The lines to find are those in the entries that hold the word "Language"; copy every one of them.
++++
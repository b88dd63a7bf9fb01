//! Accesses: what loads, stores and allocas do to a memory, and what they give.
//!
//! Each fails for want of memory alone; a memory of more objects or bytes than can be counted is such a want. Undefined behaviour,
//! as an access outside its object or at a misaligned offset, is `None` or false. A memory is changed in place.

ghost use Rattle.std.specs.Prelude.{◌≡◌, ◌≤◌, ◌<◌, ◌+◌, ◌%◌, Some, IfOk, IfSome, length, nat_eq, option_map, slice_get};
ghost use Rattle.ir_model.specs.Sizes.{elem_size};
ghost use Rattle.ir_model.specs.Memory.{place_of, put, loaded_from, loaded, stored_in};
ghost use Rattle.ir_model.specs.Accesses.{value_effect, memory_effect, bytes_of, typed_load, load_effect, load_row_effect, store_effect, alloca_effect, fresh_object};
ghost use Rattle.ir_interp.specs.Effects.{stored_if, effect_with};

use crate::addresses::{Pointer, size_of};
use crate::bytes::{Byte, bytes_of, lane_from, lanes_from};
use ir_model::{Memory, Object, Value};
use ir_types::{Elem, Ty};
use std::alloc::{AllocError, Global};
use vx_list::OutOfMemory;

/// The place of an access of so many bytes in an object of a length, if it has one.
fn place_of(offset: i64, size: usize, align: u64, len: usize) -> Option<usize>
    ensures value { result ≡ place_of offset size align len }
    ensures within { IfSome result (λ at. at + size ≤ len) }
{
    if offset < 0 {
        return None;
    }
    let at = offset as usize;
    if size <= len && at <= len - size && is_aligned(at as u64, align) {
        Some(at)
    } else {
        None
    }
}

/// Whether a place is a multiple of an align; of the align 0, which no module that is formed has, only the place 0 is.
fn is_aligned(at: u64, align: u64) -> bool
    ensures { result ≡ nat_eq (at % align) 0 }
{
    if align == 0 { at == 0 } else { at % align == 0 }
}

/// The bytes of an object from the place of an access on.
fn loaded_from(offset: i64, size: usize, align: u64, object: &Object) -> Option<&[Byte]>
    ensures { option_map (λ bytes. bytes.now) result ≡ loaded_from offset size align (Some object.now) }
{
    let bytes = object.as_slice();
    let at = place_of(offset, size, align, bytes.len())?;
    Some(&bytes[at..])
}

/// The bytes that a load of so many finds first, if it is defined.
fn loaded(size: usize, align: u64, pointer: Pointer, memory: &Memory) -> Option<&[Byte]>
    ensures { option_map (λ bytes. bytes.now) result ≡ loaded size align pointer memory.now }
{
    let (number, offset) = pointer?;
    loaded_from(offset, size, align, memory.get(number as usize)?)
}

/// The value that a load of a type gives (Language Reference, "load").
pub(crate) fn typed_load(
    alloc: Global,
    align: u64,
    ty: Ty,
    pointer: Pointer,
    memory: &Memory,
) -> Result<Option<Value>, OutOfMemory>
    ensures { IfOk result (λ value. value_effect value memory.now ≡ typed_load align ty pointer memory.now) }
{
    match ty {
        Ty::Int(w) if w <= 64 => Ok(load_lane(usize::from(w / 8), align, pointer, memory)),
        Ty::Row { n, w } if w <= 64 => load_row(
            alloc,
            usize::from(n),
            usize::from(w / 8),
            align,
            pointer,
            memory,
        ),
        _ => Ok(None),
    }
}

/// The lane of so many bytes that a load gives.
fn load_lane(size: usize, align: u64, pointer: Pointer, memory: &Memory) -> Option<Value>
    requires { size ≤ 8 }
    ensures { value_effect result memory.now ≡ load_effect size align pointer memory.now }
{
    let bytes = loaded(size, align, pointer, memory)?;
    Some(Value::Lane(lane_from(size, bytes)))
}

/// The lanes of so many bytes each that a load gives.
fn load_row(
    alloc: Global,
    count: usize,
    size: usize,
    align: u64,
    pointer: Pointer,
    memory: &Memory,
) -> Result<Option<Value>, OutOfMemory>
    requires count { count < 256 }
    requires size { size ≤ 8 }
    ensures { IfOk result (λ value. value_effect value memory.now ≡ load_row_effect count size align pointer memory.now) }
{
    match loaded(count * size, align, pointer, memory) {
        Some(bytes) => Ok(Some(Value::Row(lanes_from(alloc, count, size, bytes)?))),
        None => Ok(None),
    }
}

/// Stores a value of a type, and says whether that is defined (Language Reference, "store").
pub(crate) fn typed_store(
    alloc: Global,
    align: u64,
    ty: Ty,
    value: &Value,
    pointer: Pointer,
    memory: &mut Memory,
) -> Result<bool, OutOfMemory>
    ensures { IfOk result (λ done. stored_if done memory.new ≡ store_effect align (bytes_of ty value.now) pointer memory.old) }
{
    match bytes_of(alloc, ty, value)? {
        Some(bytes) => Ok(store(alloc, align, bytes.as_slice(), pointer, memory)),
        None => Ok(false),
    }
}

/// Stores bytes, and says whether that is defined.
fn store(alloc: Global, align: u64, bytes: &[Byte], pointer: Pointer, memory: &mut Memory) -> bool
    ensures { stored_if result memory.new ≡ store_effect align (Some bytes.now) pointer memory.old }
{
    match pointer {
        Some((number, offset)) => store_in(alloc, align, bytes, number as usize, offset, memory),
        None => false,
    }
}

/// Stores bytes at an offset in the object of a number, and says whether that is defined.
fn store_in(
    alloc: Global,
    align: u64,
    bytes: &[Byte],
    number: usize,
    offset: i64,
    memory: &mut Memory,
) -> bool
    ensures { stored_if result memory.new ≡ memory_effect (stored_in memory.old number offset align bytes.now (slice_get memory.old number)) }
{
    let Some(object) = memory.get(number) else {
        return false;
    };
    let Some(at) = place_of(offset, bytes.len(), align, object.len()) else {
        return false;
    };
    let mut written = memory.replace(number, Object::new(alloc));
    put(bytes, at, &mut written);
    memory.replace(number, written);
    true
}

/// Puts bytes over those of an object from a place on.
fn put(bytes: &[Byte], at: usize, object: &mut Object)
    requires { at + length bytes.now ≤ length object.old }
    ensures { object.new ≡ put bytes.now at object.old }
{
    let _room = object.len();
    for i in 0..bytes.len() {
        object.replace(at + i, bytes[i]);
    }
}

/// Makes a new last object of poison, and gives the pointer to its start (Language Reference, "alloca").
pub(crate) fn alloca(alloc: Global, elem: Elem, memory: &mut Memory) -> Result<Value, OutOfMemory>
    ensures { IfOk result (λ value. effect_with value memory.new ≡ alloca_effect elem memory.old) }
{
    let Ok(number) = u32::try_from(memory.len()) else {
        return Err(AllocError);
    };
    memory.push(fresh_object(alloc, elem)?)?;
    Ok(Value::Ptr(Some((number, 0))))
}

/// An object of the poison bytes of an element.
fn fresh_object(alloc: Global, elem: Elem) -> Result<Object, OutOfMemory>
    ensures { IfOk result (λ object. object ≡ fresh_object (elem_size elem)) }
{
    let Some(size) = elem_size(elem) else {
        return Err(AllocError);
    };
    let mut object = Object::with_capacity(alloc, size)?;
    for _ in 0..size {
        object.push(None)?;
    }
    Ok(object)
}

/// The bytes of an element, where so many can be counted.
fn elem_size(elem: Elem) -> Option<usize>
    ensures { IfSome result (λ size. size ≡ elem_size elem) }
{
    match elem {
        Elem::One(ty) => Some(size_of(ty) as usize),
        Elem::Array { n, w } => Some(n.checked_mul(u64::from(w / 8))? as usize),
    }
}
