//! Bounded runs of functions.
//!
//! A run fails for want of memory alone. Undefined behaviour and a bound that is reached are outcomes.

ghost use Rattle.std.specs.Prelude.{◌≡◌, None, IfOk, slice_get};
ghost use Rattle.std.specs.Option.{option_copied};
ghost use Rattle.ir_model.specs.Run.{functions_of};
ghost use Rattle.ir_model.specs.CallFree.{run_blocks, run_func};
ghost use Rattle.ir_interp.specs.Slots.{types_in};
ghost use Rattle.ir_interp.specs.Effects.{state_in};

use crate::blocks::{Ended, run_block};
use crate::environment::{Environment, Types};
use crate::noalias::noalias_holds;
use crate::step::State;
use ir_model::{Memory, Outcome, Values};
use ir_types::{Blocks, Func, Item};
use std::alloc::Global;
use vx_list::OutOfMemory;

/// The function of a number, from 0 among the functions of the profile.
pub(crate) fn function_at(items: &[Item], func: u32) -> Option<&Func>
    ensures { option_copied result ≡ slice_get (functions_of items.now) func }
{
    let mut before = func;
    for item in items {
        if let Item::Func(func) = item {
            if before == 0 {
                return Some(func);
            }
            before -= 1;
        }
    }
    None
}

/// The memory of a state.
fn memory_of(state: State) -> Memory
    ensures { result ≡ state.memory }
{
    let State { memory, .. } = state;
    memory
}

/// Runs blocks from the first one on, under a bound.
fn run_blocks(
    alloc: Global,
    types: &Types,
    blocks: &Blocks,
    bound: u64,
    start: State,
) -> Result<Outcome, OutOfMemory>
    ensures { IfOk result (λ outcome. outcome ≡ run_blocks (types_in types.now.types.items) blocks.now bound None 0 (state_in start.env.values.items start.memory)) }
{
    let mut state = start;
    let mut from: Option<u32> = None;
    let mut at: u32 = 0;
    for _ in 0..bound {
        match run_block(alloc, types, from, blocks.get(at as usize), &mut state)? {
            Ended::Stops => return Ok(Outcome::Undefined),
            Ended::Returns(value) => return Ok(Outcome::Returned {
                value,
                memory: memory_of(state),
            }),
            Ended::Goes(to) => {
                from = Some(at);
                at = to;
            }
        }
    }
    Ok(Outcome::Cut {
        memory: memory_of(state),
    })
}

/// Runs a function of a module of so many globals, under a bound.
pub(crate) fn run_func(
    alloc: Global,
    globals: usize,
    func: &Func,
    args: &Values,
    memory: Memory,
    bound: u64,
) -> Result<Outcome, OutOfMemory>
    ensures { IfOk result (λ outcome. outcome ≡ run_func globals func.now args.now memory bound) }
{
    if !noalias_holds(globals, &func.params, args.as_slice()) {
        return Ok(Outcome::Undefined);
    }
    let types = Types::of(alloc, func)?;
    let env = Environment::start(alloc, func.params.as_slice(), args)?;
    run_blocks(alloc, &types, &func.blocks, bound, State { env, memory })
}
++++
§ Response to the exercise
/// The value that a load of a type gives (Language Reference, "load").
/// Stores a value of a type, and says whether that is defined (Language Reference, "store").
/// Makes a new last object of poison, and gives the pointer to its start (Language Reference, "alloca").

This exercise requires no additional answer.